◆ **WORK ORDER**
From the entries that follow, reproduce exactly and only the lines from the line with "filename crates/smap_test_entry_points/src/suite/mappings.rt" to the line with "the only source.", endpoints included.

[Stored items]

============================================================

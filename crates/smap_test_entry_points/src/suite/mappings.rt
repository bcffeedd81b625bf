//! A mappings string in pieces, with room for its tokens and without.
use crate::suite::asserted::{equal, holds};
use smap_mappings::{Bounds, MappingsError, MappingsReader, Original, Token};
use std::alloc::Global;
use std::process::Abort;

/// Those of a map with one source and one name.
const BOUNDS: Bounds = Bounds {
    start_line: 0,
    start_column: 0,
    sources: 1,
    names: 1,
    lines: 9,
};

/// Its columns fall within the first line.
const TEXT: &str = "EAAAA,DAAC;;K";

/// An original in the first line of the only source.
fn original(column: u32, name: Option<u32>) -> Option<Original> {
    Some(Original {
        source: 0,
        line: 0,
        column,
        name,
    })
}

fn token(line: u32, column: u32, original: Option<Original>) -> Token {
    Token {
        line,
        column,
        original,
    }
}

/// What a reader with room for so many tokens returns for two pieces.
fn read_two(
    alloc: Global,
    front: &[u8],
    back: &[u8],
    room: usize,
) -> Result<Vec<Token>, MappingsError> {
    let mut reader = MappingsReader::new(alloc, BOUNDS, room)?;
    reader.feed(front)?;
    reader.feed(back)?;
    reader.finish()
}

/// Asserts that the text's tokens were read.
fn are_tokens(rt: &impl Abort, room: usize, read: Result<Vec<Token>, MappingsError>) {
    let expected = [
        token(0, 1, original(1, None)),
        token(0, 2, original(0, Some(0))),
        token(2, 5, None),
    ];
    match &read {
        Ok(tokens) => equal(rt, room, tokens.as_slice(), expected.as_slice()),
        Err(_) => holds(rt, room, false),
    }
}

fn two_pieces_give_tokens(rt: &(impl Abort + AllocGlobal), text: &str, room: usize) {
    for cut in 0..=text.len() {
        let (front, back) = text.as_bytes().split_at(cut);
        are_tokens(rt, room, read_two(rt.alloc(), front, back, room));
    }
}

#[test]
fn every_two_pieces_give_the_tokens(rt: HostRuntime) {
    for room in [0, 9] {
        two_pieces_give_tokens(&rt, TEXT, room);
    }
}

============================================================

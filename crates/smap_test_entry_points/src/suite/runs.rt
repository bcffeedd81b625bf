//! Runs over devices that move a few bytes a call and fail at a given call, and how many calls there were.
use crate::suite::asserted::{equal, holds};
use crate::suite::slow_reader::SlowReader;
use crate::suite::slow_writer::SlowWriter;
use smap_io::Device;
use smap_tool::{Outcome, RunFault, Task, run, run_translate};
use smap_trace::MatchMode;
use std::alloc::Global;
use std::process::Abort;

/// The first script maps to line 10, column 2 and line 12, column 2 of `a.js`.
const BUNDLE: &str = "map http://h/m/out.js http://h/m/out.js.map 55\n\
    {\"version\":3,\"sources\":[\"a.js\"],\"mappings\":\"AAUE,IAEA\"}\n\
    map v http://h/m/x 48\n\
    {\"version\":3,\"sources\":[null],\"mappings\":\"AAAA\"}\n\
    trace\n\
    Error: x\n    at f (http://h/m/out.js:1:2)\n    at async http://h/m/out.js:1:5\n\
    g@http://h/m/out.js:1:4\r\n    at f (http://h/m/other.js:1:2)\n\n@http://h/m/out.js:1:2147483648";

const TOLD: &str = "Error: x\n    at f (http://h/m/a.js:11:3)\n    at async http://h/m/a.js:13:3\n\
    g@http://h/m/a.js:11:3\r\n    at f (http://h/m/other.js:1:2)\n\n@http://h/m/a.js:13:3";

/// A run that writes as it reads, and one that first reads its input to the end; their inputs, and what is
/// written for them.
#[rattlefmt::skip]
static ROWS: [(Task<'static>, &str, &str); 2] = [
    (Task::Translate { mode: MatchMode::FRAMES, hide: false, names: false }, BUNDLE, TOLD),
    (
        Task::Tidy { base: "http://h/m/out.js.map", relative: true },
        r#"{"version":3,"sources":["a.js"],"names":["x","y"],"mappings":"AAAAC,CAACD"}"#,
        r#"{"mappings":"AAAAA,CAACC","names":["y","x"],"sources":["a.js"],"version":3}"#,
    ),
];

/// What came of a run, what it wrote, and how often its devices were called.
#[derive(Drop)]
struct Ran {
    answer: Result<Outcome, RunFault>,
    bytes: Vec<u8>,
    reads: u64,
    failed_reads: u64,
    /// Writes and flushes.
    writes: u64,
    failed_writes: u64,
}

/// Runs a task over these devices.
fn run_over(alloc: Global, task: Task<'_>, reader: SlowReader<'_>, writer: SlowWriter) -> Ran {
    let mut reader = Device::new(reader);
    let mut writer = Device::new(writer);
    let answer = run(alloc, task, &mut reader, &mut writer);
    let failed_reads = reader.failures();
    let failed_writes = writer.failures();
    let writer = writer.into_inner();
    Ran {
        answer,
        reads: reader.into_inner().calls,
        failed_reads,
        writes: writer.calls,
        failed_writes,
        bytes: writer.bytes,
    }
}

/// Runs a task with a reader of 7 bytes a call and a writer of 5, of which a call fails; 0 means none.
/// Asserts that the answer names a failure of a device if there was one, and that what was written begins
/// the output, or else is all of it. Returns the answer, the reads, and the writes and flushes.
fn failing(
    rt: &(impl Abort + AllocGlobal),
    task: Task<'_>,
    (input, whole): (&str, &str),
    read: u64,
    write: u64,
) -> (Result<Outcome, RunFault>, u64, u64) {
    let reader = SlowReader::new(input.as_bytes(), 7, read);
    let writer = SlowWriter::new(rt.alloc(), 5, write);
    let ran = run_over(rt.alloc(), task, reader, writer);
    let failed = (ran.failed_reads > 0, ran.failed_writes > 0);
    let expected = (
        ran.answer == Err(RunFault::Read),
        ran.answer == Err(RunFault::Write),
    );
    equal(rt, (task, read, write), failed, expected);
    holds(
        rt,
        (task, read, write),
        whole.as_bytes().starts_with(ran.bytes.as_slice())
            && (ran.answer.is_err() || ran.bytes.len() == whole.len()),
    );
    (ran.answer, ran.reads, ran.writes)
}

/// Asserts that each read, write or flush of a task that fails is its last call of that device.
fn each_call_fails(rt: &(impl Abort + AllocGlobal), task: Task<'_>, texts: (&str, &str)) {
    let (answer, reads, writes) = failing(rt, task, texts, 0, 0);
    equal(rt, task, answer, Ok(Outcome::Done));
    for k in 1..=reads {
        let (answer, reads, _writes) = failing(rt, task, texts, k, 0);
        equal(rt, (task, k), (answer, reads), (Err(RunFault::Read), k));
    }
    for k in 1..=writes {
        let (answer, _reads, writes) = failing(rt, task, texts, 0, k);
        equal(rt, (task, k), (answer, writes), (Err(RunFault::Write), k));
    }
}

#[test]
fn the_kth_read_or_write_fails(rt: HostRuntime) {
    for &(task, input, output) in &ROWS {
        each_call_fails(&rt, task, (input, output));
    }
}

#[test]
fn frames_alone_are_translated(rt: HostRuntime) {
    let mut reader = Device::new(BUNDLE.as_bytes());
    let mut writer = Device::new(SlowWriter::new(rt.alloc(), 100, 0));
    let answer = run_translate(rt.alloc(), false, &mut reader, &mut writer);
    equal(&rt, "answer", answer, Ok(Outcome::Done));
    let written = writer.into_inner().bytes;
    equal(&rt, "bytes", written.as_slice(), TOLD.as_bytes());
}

============================================================

◆ **RESPONSE TO THIS TASK**
filename crates/smap_test_entry_points/src/suite/mappings.rt
repository bcffeedd81b625bf
//! A mappings string in pieces, with room for its tokens and without.
use crate::suite::asserted::{equal, holds};
use smap_mappings::{Bounds, MappingsError, MappingsReader, Original, Token};
use std::alloc::Global;
use std::process::Abort;

/// Those of a map with one source and one name.
const BOUNDS: Bounds = Bounds {
    start_line: 0,
    start_column: 0,
    sources: 1,
    names: 1,
    lines: 9,
};

/// Its columns fall within the first line.
const TEXT: &str = "EAAAA,DAAC;;K";

/// An original in the first line of the only source.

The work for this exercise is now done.